(Task data Opens)

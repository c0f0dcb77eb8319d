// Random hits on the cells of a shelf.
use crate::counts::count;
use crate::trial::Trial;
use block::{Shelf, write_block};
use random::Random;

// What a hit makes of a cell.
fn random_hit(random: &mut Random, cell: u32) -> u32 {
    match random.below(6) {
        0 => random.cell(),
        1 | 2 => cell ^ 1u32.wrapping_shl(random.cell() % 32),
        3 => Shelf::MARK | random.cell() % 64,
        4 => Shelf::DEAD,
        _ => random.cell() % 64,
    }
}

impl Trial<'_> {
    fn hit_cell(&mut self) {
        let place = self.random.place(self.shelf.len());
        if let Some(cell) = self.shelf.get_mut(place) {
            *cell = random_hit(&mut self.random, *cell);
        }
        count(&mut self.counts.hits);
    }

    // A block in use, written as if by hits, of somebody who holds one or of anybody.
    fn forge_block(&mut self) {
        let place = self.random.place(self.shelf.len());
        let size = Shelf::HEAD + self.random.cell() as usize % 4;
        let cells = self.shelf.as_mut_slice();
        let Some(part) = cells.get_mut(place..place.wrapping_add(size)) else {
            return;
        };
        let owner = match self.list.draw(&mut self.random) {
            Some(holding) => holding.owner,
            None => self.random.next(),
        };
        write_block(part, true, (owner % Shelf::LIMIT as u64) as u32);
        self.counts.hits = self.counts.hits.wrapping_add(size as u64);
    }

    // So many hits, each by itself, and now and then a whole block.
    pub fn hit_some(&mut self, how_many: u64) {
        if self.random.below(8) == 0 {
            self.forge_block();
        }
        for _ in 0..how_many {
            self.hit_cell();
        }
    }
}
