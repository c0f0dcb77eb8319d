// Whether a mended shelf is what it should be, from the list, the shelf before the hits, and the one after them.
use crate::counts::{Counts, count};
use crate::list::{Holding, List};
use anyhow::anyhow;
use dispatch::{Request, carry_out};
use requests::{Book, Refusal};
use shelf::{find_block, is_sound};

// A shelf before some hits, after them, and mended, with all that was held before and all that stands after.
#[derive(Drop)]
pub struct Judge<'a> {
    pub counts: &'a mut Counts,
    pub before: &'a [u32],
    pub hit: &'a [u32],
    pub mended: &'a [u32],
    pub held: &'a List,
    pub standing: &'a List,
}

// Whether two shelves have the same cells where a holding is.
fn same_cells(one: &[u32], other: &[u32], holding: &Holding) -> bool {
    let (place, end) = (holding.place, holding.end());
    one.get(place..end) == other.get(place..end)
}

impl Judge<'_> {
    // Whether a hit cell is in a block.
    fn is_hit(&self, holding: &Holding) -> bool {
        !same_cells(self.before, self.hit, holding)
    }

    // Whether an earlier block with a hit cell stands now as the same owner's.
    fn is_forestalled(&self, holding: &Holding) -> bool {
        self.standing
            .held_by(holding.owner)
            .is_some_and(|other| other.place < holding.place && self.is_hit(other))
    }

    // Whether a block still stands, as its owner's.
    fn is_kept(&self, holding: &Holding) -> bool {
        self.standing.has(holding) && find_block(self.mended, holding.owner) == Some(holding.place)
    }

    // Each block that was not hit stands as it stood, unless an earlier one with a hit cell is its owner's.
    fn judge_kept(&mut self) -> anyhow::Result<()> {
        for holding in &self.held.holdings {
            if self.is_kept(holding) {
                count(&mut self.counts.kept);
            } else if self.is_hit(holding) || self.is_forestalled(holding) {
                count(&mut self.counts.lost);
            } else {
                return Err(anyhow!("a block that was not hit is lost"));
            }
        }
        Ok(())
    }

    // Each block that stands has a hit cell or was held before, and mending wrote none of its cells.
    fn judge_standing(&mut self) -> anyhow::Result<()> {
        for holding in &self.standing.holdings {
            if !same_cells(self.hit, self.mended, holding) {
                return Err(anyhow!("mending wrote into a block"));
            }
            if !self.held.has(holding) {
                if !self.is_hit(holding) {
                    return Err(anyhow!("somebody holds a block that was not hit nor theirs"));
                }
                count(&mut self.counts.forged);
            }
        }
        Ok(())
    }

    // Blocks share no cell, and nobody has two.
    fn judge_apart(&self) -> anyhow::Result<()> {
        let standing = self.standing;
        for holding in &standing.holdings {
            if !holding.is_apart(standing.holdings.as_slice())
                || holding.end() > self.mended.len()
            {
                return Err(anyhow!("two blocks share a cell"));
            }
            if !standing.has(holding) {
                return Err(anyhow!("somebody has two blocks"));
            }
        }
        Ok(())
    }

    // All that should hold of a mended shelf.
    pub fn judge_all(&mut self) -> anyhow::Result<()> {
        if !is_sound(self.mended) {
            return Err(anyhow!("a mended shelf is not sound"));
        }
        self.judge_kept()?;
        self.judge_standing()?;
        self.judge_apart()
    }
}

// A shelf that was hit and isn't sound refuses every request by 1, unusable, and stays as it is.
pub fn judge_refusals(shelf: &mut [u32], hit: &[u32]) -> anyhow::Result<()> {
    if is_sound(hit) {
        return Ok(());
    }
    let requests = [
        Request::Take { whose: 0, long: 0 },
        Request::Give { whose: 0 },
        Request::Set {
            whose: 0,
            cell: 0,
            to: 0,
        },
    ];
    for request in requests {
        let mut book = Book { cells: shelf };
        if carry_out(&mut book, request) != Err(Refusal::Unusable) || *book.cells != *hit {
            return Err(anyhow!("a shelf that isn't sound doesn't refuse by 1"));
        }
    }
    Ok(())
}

(Task data Closes)
(Task data Opens)

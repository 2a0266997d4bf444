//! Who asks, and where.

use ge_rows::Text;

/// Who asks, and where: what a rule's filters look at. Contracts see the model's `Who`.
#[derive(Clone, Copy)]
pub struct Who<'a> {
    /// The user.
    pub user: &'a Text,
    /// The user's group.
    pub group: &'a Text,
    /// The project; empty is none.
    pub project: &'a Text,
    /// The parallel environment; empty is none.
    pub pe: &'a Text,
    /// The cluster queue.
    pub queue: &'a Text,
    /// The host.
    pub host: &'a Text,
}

(Task data Closes)
(Task data Opens)

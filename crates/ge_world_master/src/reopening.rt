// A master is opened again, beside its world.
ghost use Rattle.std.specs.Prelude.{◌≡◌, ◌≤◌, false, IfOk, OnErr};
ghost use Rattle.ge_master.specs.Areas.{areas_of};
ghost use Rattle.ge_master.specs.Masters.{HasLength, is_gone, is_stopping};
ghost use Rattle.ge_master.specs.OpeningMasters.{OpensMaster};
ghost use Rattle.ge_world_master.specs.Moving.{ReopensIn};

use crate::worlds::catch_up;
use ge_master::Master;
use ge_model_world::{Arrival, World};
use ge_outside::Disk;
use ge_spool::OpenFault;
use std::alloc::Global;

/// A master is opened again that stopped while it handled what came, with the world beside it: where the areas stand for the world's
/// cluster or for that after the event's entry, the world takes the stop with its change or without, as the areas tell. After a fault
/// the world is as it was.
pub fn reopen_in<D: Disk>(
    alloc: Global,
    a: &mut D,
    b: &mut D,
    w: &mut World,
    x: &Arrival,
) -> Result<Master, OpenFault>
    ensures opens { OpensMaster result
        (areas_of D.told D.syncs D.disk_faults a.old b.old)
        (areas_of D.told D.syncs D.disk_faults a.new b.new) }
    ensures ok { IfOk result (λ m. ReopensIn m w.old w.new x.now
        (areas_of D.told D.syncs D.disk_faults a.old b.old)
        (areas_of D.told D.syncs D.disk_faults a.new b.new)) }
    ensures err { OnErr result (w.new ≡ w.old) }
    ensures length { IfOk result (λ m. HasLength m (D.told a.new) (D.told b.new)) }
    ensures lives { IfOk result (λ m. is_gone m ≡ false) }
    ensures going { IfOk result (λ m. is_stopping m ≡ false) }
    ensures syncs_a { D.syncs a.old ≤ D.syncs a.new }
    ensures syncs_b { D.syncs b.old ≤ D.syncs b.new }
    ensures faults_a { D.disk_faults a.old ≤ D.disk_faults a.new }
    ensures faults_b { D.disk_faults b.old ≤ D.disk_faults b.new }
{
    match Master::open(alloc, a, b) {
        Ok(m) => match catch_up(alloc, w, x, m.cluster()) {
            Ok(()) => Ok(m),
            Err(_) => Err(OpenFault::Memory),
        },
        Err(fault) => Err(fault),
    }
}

(Task data Closes)

__Directions for this task__: Search the lines above for the string "other", then show every one that has it.

__Answer section__:
fn same_cells(one: &[u32], other: &[u32], holding: &Holding) -> bool {
    one.get(place..end) == other.get(place..end)
            .is_some_and(|other| other.place < holding.place && self.is_hit(other))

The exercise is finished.